======== Material provided ========

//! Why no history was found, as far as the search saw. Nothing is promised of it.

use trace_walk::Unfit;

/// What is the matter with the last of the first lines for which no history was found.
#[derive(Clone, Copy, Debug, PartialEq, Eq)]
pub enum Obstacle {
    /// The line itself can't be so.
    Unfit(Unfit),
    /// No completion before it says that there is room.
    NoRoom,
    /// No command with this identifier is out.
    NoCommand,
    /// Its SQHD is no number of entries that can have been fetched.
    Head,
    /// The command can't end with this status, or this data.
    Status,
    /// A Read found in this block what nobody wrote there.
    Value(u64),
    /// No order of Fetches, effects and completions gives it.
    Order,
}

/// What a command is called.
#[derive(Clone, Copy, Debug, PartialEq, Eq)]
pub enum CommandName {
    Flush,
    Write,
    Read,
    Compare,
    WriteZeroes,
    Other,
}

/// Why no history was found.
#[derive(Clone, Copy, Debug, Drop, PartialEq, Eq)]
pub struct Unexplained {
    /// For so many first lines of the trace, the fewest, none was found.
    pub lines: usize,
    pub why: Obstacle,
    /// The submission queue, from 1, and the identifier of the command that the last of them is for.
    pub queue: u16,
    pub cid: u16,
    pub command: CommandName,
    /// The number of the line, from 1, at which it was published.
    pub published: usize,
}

========
======== Material provided ========

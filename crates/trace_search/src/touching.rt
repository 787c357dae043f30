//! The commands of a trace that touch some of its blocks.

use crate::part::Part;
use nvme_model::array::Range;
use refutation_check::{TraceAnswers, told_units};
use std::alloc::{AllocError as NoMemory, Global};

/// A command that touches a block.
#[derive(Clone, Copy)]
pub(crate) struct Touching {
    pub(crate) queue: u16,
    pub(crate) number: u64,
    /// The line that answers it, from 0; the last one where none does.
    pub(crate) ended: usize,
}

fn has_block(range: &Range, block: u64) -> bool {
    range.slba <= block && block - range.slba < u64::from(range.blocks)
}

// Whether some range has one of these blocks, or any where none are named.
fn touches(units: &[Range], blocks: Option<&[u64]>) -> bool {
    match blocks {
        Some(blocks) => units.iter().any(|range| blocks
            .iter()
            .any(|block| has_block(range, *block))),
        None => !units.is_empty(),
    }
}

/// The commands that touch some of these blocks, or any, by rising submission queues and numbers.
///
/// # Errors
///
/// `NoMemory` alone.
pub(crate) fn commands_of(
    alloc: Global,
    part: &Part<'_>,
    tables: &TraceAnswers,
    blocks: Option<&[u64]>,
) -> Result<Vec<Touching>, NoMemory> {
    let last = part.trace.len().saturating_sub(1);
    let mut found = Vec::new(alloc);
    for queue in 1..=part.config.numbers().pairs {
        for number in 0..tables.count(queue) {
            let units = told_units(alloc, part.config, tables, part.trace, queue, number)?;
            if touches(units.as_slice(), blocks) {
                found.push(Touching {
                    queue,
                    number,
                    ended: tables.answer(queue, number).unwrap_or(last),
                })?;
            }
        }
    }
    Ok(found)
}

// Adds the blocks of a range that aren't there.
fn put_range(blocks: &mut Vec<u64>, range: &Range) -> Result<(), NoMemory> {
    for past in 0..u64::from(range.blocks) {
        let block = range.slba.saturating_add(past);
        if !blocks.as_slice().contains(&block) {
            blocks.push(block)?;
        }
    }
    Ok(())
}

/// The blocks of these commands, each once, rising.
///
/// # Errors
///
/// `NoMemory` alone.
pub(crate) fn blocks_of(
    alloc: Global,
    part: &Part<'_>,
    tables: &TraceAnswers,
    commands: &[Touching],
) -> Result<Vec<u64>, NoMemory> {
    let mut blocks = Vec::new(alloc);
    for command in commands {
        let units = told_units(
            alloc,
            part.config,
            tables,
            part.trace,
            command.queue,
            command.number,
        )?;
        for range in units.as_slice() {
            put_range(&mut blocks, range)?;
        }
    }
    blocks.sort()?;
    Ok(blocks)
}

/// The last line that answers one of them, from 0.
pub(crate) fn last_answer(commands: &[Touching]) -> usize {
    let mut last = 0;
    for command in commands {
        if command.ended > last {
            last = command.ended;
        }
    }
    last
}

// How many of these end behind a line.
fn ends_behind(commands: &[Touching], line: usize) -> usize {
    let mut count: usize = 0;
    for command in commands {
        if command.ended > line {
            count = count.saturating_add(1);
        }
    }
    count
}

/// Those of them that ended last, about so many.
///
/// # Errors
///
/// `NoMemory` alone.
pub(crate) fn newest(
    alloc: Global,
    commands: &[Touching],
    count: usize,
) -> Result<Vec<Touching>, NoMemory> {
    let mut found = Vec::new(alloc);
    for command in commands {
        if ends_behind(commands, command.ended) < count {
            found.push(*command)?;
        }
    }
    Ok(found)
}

========

Exercise: Of all the lines above, tally those with the word "this". Write the total only.

Answer section: 3